WHAT THE TASK ASKS: Pick out the lines below with "second" and list them.

Collected data:
........

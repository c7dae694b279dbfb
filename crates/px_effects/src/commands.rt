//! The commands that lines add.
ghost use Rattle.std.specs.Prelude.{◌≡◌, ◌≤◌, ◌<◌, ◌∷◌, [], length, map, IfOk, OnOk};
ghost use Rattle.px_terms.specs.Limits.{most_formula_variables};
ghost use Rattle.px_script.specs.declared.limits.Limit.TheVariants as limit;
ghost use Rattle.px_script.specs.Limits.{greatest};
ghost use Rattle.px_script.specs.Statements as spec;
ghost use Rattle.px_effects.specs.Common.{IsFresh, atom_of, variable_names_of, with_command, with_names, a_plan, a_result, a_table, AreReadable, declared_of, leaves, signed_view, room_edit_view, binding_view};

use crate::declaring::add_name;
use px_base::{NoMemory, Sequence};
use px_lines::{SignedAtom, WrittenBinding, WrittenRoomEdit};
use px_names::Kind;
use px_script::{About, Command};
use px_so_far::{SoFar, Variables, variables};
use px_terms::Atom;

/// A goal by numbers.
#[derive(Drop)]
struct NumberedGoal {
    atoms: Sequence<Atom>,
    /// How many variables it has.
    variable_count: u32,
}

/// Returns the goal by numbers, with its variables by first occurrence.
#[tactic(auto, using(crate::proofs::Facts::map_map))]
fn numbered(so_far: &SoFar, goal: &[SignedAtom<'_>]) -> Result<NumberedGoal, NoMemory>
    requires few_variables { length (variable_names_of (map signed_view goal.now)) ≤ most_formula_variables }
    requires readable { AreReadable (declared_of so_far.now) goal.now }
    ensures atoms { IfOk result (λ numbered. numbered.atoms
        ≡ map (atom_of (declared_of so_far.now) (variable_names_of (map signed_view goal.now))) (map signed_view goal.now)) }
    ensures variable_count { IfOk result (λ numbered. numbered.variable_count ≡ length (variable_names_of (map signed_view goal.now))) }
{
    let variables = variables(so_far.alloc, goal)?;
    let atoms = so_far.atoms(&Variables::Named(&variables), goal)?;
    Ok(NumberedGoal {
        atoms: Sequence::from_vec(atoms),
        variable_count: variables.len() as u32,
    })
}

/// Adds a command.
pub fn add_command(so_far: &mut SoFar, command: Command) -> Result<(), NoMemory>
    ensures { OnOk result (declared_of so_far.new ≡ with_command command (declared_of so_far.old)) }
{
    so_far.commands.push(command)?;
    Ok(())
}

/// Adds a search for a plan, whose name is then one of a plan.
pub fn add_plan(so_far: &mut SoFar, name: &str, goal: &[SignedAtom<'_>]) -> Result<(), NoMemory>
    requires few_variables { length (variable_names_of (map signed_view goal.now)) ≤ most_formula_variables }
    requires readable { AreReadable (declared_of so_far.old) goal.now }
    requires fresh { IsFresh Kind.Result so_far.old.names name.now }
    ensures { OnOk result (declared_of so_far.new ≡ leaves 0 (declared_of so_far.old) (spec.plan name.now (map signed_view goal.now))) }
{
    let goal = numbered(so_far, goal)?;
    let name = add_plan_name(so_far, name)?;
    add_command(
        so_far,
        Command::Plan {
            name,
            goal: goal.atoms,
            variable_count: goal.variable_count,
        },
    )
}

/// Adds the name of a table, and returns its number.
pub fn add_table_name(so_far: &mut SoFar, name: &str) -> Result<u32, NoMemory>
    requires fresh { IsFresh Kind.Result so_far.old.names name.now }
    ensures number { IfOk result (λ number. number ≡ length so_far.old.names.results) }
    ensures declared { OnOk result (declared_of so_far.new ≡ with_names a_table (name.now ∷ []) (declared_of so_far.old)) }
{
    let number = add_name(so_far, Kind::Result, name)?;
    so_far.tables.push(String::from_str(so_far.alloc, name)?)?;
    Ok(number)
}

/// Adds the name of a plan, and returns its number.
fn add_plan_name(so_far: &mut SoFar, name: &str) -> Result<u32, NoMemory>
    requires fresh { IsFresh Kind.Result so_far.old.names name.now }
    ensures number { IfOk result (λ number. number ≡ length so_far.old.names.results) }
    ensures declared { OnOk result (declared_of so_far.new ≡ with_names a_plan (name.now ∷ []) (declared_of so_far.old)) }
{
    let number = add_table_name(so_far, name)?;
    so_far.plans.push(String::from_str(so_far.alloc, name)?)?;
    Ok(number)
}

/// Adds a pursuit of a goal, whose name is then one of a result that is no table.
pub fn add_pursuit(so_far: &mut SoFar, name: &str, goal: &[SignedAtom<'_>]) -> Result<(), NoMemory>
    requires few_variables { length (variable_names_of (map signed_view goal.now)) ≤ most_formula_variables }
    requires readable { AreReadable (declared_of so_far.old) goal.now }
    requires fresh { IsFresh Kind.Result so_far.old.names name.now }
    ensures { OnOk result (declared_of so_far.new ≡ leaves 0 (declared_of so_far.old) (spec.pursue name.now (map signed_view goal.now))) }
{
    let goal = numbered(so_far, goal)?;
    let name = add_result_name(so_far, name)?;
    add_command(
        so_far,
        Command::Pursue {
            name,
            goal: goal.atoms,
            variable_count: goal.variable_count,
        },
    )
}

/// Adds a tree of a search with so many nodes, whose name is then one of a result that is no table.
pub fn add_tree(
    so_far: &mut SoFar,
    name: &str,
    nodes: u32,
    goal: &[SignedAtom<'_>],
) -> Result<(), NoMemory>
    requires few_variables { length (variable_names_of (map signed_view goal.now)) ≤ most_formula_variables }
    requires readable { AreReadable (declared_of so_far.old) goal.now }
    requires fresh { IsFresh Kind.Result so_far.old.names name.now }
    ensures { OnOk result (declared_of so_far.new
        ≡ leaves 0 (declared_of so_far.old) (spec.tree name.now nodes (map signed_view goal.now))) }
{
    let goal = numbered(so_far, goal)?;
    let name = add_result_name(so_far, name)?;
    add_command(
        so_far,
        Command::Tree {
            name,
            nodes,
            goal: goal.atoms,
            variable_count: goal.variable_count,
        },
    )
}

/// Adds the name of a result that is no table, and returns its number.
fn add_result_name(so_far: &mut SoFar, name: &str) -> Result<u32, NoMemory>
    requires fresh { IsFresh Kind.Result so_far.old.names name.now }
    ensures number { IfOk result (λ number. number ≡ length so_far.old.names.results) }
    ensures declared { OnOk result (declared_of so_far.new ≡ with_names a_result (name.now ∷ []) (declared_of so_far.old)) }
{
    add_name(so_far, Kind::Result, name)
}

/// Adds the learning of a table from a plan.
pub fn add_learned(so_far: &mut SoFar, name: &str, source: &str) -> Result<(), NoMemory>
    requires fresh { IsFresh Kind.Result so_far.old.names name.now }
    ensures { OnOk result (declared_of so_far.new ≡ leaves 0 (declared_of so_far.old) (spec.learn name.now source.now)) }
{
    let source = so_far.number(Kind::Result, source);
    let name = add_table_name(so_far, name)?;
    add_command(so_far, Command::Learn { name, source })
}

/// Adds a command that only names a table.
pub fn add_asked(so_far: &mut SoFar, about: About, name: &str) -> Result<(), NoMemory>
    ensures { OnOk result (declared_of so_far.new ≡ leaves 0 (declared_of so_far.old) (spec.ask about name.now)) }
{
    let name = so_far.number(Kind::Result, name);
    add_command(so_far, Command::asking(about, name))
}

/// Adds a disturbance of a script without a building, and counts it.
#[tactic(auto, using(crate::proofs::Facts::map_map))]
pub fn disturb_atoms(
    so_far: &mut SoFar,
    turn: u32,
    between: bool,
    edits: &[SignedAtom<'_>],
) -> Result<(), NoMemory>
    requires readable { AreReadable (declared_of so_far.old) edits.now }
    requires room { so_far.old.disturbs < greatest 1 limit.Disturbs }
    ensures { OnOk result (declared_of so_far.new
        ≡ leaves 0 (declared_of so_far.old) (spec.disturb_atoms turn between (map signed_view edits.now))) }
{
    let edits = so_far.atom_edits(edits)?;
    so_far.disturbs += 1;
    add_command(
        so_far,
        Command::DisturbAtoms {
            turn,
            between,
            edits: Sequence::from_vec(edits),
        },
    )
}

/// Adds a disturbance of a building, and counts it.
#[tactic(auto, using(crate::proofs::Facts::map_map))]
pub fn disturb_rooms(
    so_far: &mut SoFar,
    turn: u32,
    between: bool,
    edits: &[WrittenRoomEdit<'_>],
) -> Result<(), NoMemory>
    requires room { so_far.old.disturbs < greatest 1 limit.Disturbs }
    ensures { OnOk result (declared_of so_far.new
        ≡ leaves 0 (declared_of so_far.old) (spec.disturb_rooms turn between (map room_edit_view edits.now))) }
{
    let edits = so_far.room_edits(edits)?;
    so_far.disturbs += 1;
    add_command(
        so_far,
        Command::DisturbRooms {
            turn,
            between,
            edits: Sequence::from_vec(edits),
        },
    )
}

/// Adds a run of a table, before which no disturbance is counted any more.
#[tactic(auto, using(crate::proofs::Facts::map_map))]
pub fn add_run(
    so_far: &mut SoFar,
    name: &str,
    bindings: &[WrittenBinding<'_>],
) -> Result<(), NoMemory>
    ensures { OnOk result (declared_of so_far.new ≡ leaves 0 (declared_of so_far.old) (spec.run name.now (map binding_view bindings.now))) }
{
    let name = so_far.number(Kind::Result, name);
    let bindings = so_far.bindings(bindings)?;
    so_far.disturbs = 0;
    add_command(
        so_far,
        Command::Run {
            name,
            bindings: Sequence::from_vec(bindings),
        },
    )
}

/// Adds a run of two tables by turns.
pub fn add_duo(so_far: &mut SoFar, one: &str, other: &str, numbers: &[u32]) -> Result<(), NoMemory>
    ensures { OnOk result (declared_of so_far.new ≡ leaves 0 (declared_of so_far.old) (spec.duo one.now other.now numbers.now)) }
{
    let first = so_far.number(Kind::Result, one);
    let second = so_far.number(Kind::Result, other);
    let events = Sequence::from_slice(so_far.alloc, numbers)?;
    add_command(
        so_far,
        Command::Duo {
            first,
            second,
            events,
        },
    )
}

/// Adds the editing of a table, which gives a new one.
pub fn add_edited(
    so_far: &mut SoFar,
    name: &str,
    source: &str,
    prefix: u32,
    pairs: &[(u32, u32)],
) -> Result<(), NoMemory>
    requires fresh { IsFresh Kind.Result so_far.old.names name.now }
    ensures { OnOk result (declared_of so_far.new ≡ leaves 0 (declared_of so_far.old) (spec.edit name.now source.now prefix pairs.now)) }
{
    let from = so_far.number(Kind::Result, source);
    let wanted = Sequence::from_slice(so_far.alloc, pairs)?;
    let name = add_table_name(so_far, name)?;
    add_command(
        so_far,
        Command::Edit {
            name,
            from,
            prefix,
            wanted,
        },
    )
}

........

TASK RESPONSE:
    let second = so_far.number(Kind::Result, other);
            second,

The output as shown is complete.